Overtime pay under the FLSA frequently causes confusion among higher education institutions due to the unique application of the FLSA’s “white collar” exemptions to these institutions. Thankfully, the Department of Labor (“DOL”) issued a fact sheet last week clarifying the FLSA’s application to many common higher education jobs. Think of it like a cheat sheet.
Pay attention. There may be a pop quiz.
Here are the highlights from the DOL’s fact sheet:
- Teachers – Teachers are unique under the FLSA in that the general duties + salary test is truncated. A teacher may be exempt from the overtime requirement of the FLSA so long as he or she meets the duties prong of the test, i.e. his or her primary duty is teaching, tutoring, instructing, or lecturing to impart knowledge, and if he or she is performing that duty as an employee of an educational establishment. So long as the duty requirement is met, the salary prong does not apply. Following that logic, with the rise of distance learning, the DOL clarifies that a faculty member that teaches online or remotely may also qualify for the exemption, regardless of hours and the audience.
- Coaches – Similarly, a coach may qualify under the teacher exemption so long as his or her primary duties include instructing student-athletes regarding how to play a particular sport. However, a coach who focuses primarily on recruiting students for the school would not qualify.
- Student-Employees – With student-workers, institutions must first consider whether or not an employment relationship exists. If the student receives compensation and his or her duties are not part of the educational program, the DOL with likely find an employment relationship exists. Therefore the minimum wage and overtime requirements of the FLSA would apply. Typically, student workers are non-exempt hourly employees.
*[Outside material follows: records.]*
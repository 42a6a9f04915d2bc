//! The lines of bills and the operations of routings, at each slot.

ghost use Rattle.std.specs.Prelude.{◌≡◌, ◌<◌, ◌^◌, length, map, slice_get, IfOk, OnOk};
ghost use Rattle.vc_syntax_tree.specs.Trees.{term_of};
ghost use Rattle.vc_compile_plan.specs.Numbering.{item_brings, line_from, operation_from};
ghost use Rattle.vc_compile_plan.specs.Places.{selections_among};
ghost use Rattle.vc_compile_plan.specs.Shown as shown;
ghost use Rattle.vc_compile_plan.specs.Sites as sites;
ghost use Rattle.vc_compile_plan.specs.Slots.{bill_of};
ghost use Rattle.vc_compile_plan.specs.Terms as compiled;
ghost use Rattle.vc_compile_plan.specs.Variables.{by_slot};
ghost use Rattle.vc_compile_numbering.specs.Growing.{seen, with_draft, with_drafts};
ghost use Rattle.vc_compile_layout.specs.Standing.{layout_seen};
ghost use Rattle.vc_compile_sites.specs.Standing.{asked_seen, site_seen};

use crate::choices::selections_at;
use std::alloc::{AllocError, Global};
use vc_compile_layout::Layout;
use vc_compile_numbering::Numbering;
use vc_compile_sites::{
    Asked, Site, is_configurable, selections_among, setting_at, site_of, term_at,
};
use vc_model_parts::{BillItem, Component, Operation as ListedOperation};
use vc_plan::{Line, Operation, Slot};
use vc_types::At;
use vc_value::{Listed, Word};

// The material of a line's component, as its own word.
fn material_of(
    alloc: Global,
    layout: &Layout<'_, '_>,
    component: &Component,
) -> Result<Word, AllocError>
    ensures { IfOk result (λ word. word ≡ shown.material_of (layout_seen layout.now).model component.now) }
{
    match component {
        Component::Object(object) => Word::from_bytes(alloc, layout.material(*object)),
        Component::Plain(material) => Word::from_bytes(alloc, material.bytes()),
    }
}

// The selection conditions of a line: those of a configurable one stand in the rules of its slot.
fn selections_of<'n>(
    alloc: Global,
    layout: &Layout<'n, '_>,
    item: &BillItem,
) -> Result<Listed<Asked<'n>>, AllocError>
    ensures { IfOk result (λ asked. (site : sites.Site)
        → map (shown.choice_at (layout_seen layout.now) site) (map asked_seen asked)
        ≡ shown.line_choices (layout_seen layout.now) site (item.now).component (item.now).uses) }
{
    match item.component {
        Component::Object(_) => Ok(Listed::new(alloc)),
        Component::Plain(_) => selections_among(alloc, layout, item.uses.as_slice()),
    }
}

// Puts a line last, whose site is this.
fn push_line_in(
    alloc: Global,
    layout: &Layout<'_, '_>,
    site: &Site<'_, '_, '_, '_>,
    slot: u32,
    item: &BillItem,
    out: &mut Numbering<Line>,
) -> Result<(), AllocError>
    ensures { OnOk result (seen out.new ≡ with_draft item_brings line_from (seen out.old) (record {
      slot = slot;
      number = (item.now).item;
      word = shown.material_of (layout_seen layout.now).model (item.now).component;
      unit = (item.now).unit;
      term = compiled.term_at (layout_seen layout.now) (site_seen site.now) (term_of ((item.now).quantity).value);
      choices = shown.line_choices (layout_seen layout.now) (site_seen site.now) (item.now).component (item.now).uses;
    })) }
{
    let material = material_of(alloc, layout, &item.component)?;
    let unit = Word::from_bytes(alloc, item.unit.bytes())?;
    let asked = selections_of(alloc, layout, item)?;
    let quantity = term_at(alloc, layout, site, &item.quantity)?;
    let selections = selections_at(alloc, layout, site, asked.as_slice(), &mut out.trees)?;
    let quantity = out.trees.add_term(quantity)?;
    out.push(Line {
        slot,
        item: item.item as u32,
        material,
        unit,
        quantity,
        selections,
    })
}

fn push_line(
    alloc: Global,
    layout: &Layout<'_, '_>,
    number: u32,
    slot: &Slot,
    item: &BillItem,
    out: &mut Numbering<Line>,
) -> Result<(), AllocError>
    ensures { OnOk result (seen out.new ≡ with_draft item_brings line_from (seen out.old)
        (shown.line_at (layout_seen layout.now) number slot.now item.now)) }
{
    let at = At::Line {
        configurable: is_configurable(&item.component),
    };
    let setting = setting_at(alloc, layout, slot, at)?;
    let site = site_of(&setting, number, slot);
    push_line_in(alloc, layout, &site, number, item, out)
}

fn push_lines_at(
    alloc: Global,
    layout: &Layout<'_, '_>,
    number: u32,
    slot: &Slot,
    out: &mut Numbering<Line>,
) -> Result<(), AllocError>
    ensures { OnOk result (seen out.new ≡ with_drafts item_brings line_from (seen out.old)
        (map (shown.line_at (layout_seen layout.now) number slot.now)
        (bill_of (layout_seen layout.now).model (slot.now).object))) }
{
    for item in layout.bill_of(slot.object) {
        push_line(alloc, layout, number, slot, item, out)?;
    }
    Ok(())
}

fn push_lines_of_slots(
    alloc: Global,
    layout: &Layout<'_, '_>,
    slots: &[Slot],
    out: &mut Numbering<Line>,
) -> Result<(), AllocError>
    requires { length slots.now < 2 ^ 32 }
    ensures { OnOk result (seen out.new ≡ with_drafts item_brings line_from (seen out.old) (by_slot
        (λ i slot. map (shown.line_at (layout_seen layout.now) i slot)
        (bill_of (layout_seen layout.now).model slot.object)) 0 slots.now)) }
{
    for (number, slot) in slots.iter().enumerate() {
        push_lines_at(alloc, layout, number as u32, slot, out)?;
    }
    Ok(())
}

/// Puts the lines of the bills of all slots last.
pub fn push_lines(
    alloc: Global,
    layout: &Layout<'_, '_>,
    out: &mut Numbering<Line>,
) -> Result<(), AllocError>
    ensures { OnOk result (seen out.new ≡ with_drafts item_brings line_from (seen out.old)
        (shown.line_drafts (layout_seen layout.now))) }
{
    push_lines_of_slots(alloc, layout, layout.slots(), out)
}

// Puts an operation last, whose site is this.
fn push_operation(
    alloc: Global,
    layout: &Layout<'_, '_>,
    site: &Site<'_, '_, '_, '_>,
    slot: u32,
    operation: &ListedOperation,
    out: &mut Numbering<Operation>,
) -> Result<(), AllocError>
    ensures { OnOk result (seen out.new ≡ with_draft item_brings operation_from (seen out.old) (record {
      slot = slot;
      number = (operation.now).number;
      word = (operation.now).centre;
      unit = (operation.now).unit;
      term = compiled.term_at (layout_seen layout.now) (site_seen site.now) (term_of ((operation.now).time).value);
      choices = map (shown.choice_at (layout_seen layout.now) (site_seen site.now))
          (selections_among (layout_seen layout.now).model (operation.now).uses);
    })) }
{
    let name = Word::from_bytes(alloc, operation.centre.bytes())?;
    let unit = Word::from_bytes(alloc, operation.unit.bytes())?;
    let asked = selections_among(alloc, layout, operation.uses.as_slice())?;
    let time = term_at(alloc, layout, site, &operation.time)?;
    let selections = selections_at(alloc, layout, site, asked.as_slice(), &mut out.trees)?;
    let time = out.trees.add_term(time)?;
    out.push(Operation {
        slot,
        number: operation.number as u32,
        name,
        unit,
        time,
        selections,
    })
}

fn push_operations_at(
    alloc: Global,
    layout: &Layout<'_, '_>,
    number: u32,
    slot: &Slot,
    out: &mut Numbering<Operation>,
) -> Result<(), AllocError>
    ensures { OnOk result (seen out.new ≡ with_drafts item_brings operation_from (seen out.old)
        (map (shown.operation_at (layout_seen layout.now) number slot.now)
        (shown.operations_in (slice_get ((layout_seen layout.now).model).objects (slot.now).object)))) }
{
    let setting = setting_at(alloc, layout, slot, At::Operation)?;
    let site = site_of(&setting, number, slot);
    for operation in layout.operations_of(slot.object) {
        push_operation(alloc, layout, &site, number, operation, out)?;
    }
    Ok(())
}

fn push_operations_of_slots(
    alloc: Global,
    layout: &Layout<'_, '_>,
    slots: &[Slot],
    out: &mut Numbering<Operation>,
) -> Result<(), AllocError>
    requires { length slots.now < 2 ^ 32 }
    ensures { OnOk result (seen out.new ≡ with_drafts item_brings operation_from (seen out.old) (by_slot
        (λ i slot. map (shown.operation_at (layout_seen layout.now) i slot)
        (shown.operations_in (slice_get ((layout_seen layout.now).model).objects slot.object))) 0 slots.now)) }
{
    for (number, slot) in slots.iter().enumerate() {
        push_operations_at(alloc, layout, number as u32, slot, out)?;
    }
    Ok(())
}

/// Puts the operations of all slots last.
pub fn push_operations(
    alloc: Global,
    layout: &Layout<'_, '_>,
    out: &mut Numbering<Operation>,
) -> Result<(), AllocError>
    ensures { OnOk result (seen out.new ≡ with_drafts item_brings operation_from (seen out.old)
        (shown.operation_drafts (layout_seen layout.now))) }
{
    push_operations_of_slots(alloc, layout, layout.slots(), out)
}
However, there are exceptions:
- Graduate teaching assistants whose primary duty is teaching are exempt under the above “teacher” exemption.
- Research assistants are typically in an educational relationship with the school as opposed to an employment relationship. If so, the higher education institution is not bound by the FLSA.
- Student residential assistants who are enrolled at the school and receive a reduced rate for housing and/or tuition in exchange for being a resident assistant are not generally considered employees of the school. Therefore, the FLSA’s minimum wage and overtime requirements would not apply.
Due to the unique application of the FLSA’s “white collar” exemptions to these and other common higher education jobs, administrators are encouraged to review workers’ (including student workers’) classifications to ensure the classifications are in line with the DOL’s recent guidance.